Bildung ist der Reichtum unserer Stadt. Um diesen positiven Trend nachhaltig abzusichern, muss weiterhin in Bildung, Ausbildung und Wissenschaft investiert werden.

[Benedikt Lux (Grüne): Außer in Kreuzberg!]

Zu Kreuzberg komme ich auch noch! – Bildung und Wissen sind die Schlüsselressourcen für die Zukunft Berlins. Um Bildungs- und Wissenschaftspolitik von der Kita bis zur Hochschule aus einem Guss zu betreiben und Berlins Position als innovative Metropole und als erste Adresse für junge Talente auszubauen, haben wir diese beiden Ressorts zusammengeführt und mit Prof. Zöllner einen bundesweit anerkannten Bildungsfachmann als Senator gewonnen. Darauf sind wir besonders stolz. Herzlich Willkommen!

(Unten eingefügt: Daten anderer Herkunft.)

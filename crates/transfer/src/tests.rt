// What no clause says: which calls are made again, and what is told of one that failed.
ghost use Rattle.std.specs.Prelude.{◌≤◌, IfOk};

use super::{complain, read_whole, write_on};
use std::io;
use std::io::{Read, Write};
use std::test::Fail;

// An input or an output whose calls go by steps, the last one for all later calls: 0 to 9, so many bytes at most; i, interrupted by a signal; k, an error of that kind without a number; f, a failure.
#[derive(Drop)]
struct Stepped {
    steps: &'static [u8],
    bytes: &'static [u8],
}

impl Stepped {
    // How many of so many bytes the next call moves.
    fn step(&mut self, most: usize) -> io::Result<usize>
        ensures { IfOk result (λ n. n ≤ most) }
    {
        let Some((step, later)) = self.steps.split_first() else {
            return Ok(most);
        };
        if !later.is_empty() {
            self.steps = later;
        }
        match *step {
            b'i' => Err(io::Error::from_raw_os_error(4)),
            b'k' => Err(io::ErrorKind::Interrupted.into()),
            b'f' => Err(io::Error::from_raw_os_error(5)),
            digit => Ok(most.min(usize::from(digit).saturating_sub(48))),
        }
    }
}

impl Read for Stepped {
    fn read(&mut self, buf: &mut [u8]) -> io::Result<usize> {
        let bytes = self.bytes;
        let moved = self.step(buf.len().min(bytes.len()))?;
        buf[..moved].copy_from_slice(&bytes[..moved]);
        self.bytes = &bytes[moved..];
        Ok(moved)
    }
}

impl Write for Stepped {
    fn write(&mut self, buf: &[u8]) -> io::Result<usize> {
        self.step(buf.len())
    }

    fn flush(&mut self) -> io::Result<()> {
        Ok(())
    }
}

// Steps, how many bytes are then an input, and what is told.
const READS: [(&[u8], usize, &[u8]); 6] = [
    (b"iii3i2ii9", 6, b""),
    (b"1", 6, b""),
    (b"40", 4, b""),
    (b"9f", 0, b"it: Input/output error\n"),
    (b"i", 0, b"it: Interrupted system call\n"),
    (b"3k9", 0, b"it: operation interrupted\n"),
];

#[test]
fn reads(rt: HostRuntime) -> Result<(), Fail> {
    for (steps, count, told) in READS {
        let bytes = b"abcdef";
        let mut input = [0u8; 8];
        let mut errors = Vec::new(rt.alloc());
        let read = read_whole(
            &mut Stepped { steps, bytes },
            &mut input,
            &mut errors,
            b"it",
        );
        assert_eq!(rt; read.count, count);
        assert_eq!(rt; input[..count], bytes[..count]);
        assert_eq!(rt; errors.as_slice(), told);
    }
    Ok(())
}

// Steps, how many bytes are then written, and what is told where that is not all.
const WRITES: [(&[u8], usize, &[u8]); 5] = [
    (b"ii4i1i9", 8, b""),
    (b"1", 8, b""),
    (b"40", 4, b"it: Success\n"),
    (b"4f", 4, b"it: Input/output error\n"),
    (b"4k9", 4, b"it: operation interrupted\n"),
];

#[test]
fn writes(rt: HostRuntime) -> Result<(), Fail> {
    for (steps, count, told) in WRITES {
        let mut errors = Vec::new(rt.alloc());
        let stop = write_on(&mut Stepped { steps, bytes: b"" }, b"looping\n");
        if stop.cut_short(8) {
            complain(&mut errors, b"it", stop);
        }
        assert_eq!(rt; stop.count, count);
        assert_eq!(rt; errors.as_slice(), told);
    }
    Ok(())
}
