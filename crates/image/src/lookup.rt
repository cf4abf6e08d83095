// Lookups: what an image says of one configuration. Each is a few reads; none has a loop.
ghost use Rattle.std.specs.Prelude.{◌≡◌, ◌+◌, ◌*◌, ◌<◌, ◌≤◌, length};
ghost use Rattle.image.specs.Format;
ghost use Rattle.machine.specs.Terminating.{accepts_by};
ghost use Rattle.machine.specs.Run.{returned as returned_to};
ghost use Rattle.codec.specs.Numbers.{u32_at};
ghost use Rattle.image.specs.Image.{sizes_of, class_under, rule_from, moved, led_to, action_by, action};
ghost use Rattle.image.specs.Refusals.{Unrefused};
ghost use Rattle.image.specs.Code.Lookup.{Counted, LookupReady, RuleFits, offset_by, HeadMoves, RuleReady};

use crate::Sizes;
use crate::format::{
    CLASSES_OFFSET, DIRECTION_LEFT, DIRECTION_RIGHT, FINALS_OFFSET, KIND_CHANGE, KIND_HALT,
    KIND_POP, KIND_PUSH, MAP_OFFSET, POP_RETURN, RULE_LENGTH, RULES_OFFSET, SYMBOLS_OFFSET,
};
use codec::read_u32;
use machine::{Action, Config, Reason};

// The counts, read once for all lookups.
#[tactic(auto, using(crate::proofs::Rules::good, crate::proofs::Lookups::rules_few), unfolding(crate::specs::Image::sizes_of, crate::specs::Image::classes, crate::specs::Image::symbols))]
pub fn sizes_of(image: &[u8], capture: &[u8]) -> Sizes
    requires { Unrefused image.now capture.now }
    ensures { result ≡ sizes_of image.now capture.now }
{
    let n = capture.len() as u32;
    let places = n + 2;
    let classes = u32::from(image[CLASSES_OFFSET]);
    let symbols = u32::from(image[SYMBOLS_OFFSET]);
    let rules = (classes + 2) * symbols;
    Sizes {
        classes,
        symbols,
        places,
        rules,
    }
}

// The final states, a bit for each.
pub fn finals_of(image: &[u8]) -> u32
    requires { Format.map_offset ≤ length image.now }
    ensures { result ≡ u32_at image.now Format.finals_offset }
{
    read_u32(image, FINALS_OFFSET)
}

// The class under the head: K on the left marker, K + 1 on the right one.
fn class_under(image: &[u8], capture: &[u8], sizes: Sizes, head: u32) -> u32
    requires { Counted image.now capture.now sizes }
    ensures { result ≡ class_under image.now capture.now head }
{
    let classes = sizes.classes;
    if head == 0 {
        return classes;
    }
    match capture.get((head - 1) as usize) {
        Some(&b) => u32::from(image[MAP_OFFSET + usize::from(b)]),
        None => classes + 1,
    }
}

// Where the rule for a state, a class and a symbol stands. The rules of one state were counted once, so that the next rule waits for one product after the state.
#[tactic(auto, using(crate::proofs::Lookups::earlier_few, crate::proofs::Lookups::column_few, crate::proofs::Lookups::index_few))]
fn rule_offset(sizes: Sizes, state: u32, class: u32, symbol: u32) -> usize
    requires { RuleFits sizes state class symbol }
    ensures { result ≡ offset_by sizes state class symbol }
{
    let earlier = state * sizes.rules;
    let column = class * sizes.symbols;
    let index = earlier + column + symbol;
    RULES_OFFSET + RULE_LENGTH * (index as usize)
}

// The head after a move.
#[tactic(auto, unfolding(crate::specs::Image::moved))]
fn moved_head(direction: u8, head: u32) -> u32
    requires { HeadMoves direction head }
    ensures { result ≡ moved direction head }
{
    match direction {
        DIRECTION_RIGHT => head + 1,
        DIRECTION_LEFT => head - 1,
        _ => head,
    }
}

// The configuration that a change or a push leads to.
#[tactic(auto, unfolding(crate::specs::Image::rule_from))]
fn led_to(image: &[u8], offset: usize, head: u32) -> Config
    requires { RuleReady image.now offset head }
    ensures { result ≡ led_to (rule_from image.now offset) head }
{
    Config {
        state: u32::from(image[offset + 1]),
        head: moved_head(image[offset + 3], head),
        symbol: u32::from(image[offset + 2]),
    }
}

// What the rule at an offset does with the head at a place.
#[tactic(auto, unfolding(crate::specs::Image::rule_from, crate::specs::Image::action_by))]
fn action_at(image: &[u8], offset: usize, head: u32) -> Action
    requires { RuleReady image.now offset head }
    ensures { result ≡ action_by (rule_from image.now offset) head }
{
    match image[offset] {
        KIND_CHANGE => Action::Change(led_to(image, offset, head)),
        KIND_PUSH => Action::Push(led_to(image, offset, head)),
        KIND_POP => Action::Pop {
            state: u32::from(image[offset + 1]),
            returns: image[offset + 3] == POP_RETURN,
        },
        KIND_HALT => Action::Stop(Reason::Halting),
        _ => Action::Stop(Reason::Missing),
    }
}

// What a configuration's rule does. It reads that one rule and no count.
pub fn action_of(image: &[u8], capture: &[u8], sizes: Sizes, c: Config) -> Action
    requires { LookupReady image.now capture.now sizes c }
    ensures { result ≡ action image.now capture.now c }
{
    let head = c.head;
    let class = class_under(image, capture, sizes, head);
    let offset = rule_offset(sizes, c.state, class, c.symbol);
    action_at(image, offset, head)
}

// Whether a run that ends with this state and head accepts.
#[tactic(auto, unfolding(machine::specs::Terminating::accepts_by))]
pub fn accepts(finals: u32, places: u32, state: u32, head: u32) -> bool
    requires { (state < Format.max_states) × (head < Format.max_places) }
    ensures { result ≡ accepts_by finals places state head }
{
    (finals >> state) % 2 == 1 && head + 1 == places
}

// The head after a pop: back at the removed entry's pointer, or where it is.
pub fn returned(returns: bool, pointer: u32, head: u32) -> u32
    ensures { result ≡ returned_to returns pointer head }
{
    if returns { pointer } else { head }
}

[Beifall bei der SPD und der Linksfraktion]

Auch herzlichen Glückwunsch zum Vorsitz in der Kultusministerkonferenz!

Kitas sind Bildungseinrichtungen. In ihnen werden die Grundlagen gelegt. Berlin bietet schon heute von allen Bundesländern die besten Rahmenbedingungen für vorschulische Erziehung und Bildung.

[Vereinzelter Beifall bei der SPD und der Linksfraktion – Mario Czaja (CDU): Tosender Beifall!]